Check each line of the records below for the word "ExchangeEnd" and copy those where it appears.

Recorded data
= Beginning of Section =
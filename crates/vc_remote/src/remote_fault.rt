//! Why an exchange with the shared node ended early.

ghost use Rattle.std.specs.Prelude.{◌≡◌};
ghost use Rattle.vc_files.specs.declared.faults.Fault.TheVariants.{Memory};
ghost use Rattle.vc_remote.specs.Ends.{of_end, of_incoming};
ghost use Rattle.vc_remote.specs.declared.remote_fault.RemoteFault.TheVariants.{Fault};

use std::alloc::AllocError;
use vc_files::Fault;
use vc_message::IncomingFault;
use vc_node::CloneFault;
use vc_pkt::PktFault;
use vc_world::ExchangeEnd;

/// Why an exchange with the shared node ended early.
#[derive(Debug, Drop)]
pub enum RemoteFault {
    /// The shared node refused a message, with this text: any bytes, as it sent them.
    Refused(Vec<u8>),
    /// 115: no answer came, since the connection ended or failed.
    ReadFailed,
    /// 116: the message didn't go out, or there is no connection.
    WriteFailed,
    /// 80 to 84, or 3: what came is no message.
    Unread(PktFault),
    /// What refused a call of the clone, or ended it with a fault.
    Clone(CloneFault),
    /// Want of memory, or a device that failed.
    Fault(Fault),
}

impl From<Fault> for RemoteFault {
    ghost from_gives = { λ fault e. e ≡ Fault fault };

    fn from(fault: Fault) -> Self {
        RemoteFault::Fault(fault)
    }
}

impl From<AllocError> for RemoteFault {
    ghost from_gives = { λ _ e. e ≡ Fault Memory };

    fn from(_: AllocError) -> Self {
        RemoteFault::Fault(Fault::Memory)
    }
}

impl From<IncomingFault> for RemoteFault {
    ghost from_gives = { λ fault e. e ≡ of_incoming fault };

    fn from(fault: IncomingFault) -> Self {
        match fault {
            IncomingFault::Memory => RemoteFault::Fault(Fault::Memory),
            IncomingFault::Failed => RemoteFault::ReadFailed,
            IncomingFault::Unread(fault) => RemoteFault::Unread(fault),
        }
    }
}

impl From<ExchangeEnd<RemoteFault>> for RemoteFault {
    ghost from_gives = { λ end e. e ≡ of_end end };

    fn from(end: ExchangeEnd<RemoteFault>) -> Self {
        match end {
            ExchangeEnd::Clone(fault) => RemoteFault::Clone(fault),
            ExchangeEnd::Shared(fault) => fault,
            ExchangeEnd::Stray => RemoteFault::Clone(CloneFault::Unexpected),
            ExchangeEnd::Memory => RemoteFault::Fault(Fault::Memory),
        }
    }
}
= End of Section =
= Beginning of Section =
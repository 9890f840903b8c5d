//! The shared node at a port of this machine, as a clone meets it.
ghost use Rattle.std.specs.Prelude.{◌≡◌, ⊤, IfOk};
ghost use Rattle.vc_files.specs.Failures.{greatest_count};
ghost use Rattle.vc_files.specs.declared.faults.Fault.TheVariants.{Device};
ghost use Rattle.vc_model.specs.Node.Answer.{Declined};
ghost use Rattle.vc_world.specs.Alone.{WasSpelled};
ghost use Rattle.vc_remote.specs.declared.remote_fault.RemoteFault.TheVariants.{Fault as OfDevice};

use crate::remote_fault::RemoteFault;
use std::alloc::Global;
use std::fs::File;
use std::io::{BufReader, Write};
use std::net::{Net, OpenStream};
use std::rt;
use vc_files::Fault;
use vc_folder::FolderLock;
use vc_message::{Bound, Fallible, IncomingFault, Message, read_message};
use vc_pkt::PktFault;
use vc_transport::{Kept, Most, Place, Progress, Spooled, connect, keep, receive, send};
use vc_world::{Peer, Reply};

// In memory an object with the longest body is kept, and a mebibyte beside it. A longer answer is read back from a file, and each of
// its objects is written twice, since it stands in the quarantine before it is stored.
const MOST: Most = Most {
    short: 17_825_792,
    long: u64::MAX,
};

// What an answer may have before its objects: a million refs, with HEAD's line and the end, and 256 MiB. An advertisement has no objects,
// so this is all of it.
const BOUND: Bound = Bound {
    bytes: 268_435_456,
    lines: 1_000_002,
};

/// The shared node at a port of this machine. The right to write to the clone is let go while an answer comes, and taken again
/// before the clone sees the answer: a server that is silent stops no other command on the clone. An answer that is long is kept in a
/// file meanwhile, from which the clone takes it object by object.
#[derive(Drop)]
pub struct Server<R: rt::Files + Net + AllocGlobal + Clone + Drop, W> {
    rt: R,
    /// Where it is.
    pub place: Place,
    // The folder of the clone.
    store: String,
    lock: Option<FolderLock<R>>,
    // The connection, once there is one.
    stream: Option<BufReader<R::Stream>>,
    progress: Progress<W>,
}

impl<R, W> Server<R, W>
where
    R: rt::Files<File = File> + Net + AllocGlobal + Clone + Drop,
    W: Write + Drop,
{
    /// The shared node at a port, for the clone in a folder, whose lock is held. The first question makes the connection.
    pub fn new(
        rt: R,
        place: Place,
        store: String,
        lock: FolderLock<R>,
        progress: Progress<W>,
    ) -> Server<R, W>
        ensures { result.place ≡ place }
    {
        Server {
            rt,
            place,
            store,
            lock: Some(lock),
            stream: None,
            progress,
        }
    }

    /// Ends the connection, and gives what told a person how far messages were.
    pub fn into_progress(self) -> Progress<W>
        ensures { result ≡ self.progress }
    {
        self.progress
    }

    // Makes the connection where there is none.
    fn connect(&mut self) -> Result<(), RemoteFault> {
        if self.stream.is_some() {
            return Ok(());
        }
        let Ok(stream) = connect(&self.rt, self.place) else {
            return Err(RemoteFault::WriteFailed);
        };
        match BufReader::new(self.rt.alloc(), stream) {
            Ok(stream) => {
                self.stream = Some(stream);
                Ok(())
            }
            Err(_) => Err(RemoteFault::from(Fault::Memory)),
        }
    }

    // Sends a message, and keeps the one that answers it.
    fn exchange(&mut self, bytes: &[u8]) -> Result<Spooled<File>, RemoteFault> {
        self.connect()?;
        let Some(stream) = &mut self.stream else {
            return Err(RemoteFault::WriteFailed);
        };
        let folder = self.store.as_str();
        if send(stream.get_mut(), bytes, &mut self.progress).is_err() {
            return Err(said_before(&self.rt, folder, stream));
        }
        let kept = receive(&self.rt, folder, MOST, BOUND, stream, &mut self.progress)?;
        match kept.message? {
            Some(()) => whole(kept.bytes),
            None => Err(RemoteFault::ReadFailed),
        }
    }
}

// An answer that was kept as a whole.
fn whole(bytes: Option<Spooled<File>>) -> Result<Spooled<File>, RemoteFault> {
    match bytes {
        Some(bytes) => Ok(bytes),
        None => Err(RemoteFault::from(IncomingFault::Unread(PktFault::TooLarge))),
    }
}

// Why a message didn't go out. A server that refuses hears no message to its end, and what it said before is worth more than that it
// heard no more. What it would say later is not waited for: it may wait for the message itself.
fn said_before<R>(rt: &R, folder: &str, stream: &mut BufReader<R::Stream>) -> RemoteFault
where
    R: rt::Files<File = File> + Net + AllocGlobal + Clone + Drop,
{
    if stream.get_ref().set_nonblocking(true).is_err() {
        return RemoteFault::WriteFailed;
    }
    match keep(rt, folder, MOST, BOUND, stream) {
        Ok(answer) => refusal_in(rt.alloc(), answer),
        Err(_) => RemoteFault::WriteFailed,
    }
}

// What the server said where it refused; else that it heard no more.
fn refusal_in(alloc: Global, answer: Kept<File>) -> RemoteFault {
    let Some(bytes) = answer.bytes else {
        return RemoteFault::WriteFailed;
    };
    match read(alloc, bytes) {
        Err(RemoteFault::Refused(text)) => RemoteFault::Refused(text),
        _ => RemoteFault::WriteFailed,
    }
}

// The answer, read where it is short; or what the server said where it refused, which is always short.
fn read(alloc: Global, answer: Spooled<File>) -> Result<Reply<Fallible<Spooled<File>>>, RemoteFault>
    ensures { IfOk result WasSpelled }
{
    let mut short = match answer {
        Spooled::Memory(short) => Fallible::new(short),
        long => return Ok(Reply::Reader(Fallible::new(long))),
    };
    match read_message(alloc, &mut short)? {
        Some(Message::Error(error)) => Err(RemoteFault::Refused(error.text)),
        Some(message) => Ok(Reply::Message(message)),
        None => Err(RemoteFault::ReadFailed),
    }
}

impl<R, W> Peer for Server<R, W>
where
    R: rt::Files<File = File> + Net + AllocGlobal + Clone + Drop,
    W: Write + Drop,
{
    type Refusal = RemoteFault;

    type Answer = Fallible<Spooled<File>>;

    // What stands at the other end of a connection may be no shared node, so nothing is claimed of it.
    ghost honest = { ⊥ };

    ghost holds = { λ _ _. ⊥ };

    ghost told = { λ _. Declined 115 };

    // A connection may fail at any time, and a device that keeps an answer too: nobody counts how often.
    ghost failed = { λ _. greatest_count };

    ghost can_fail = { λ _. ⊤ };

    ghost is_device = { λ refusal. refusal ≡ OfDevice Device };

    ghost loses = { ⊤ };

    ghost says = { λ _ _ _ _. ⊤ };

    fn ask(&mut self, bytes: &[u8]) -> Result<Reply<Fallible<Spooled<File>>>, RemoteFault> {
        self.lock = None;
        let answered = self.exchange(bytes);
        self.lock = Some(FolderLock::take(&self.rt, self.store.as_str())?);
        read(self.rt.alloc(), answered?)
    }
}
= End of Section =
YOUR RESPONSE →
use vc_world::ExchangeEnd;
impl From<ExchangeEnd<RemoteFault>> for RemoteFault {
    fn from(end: ExchangeEnd<RemoteFault>) -> Self {
            ExchangeEnd::Clone(fault) => RemoteFault::Clone(fault),
            ExchangeEnd::Shared(fault) => fault,
            ExchangeEnd::Stray => RemoteFault::Clone(CloneFault::Unexpected),
            ExchangeEnd::Memory => RemoteFault::Fault(Fault::Memory),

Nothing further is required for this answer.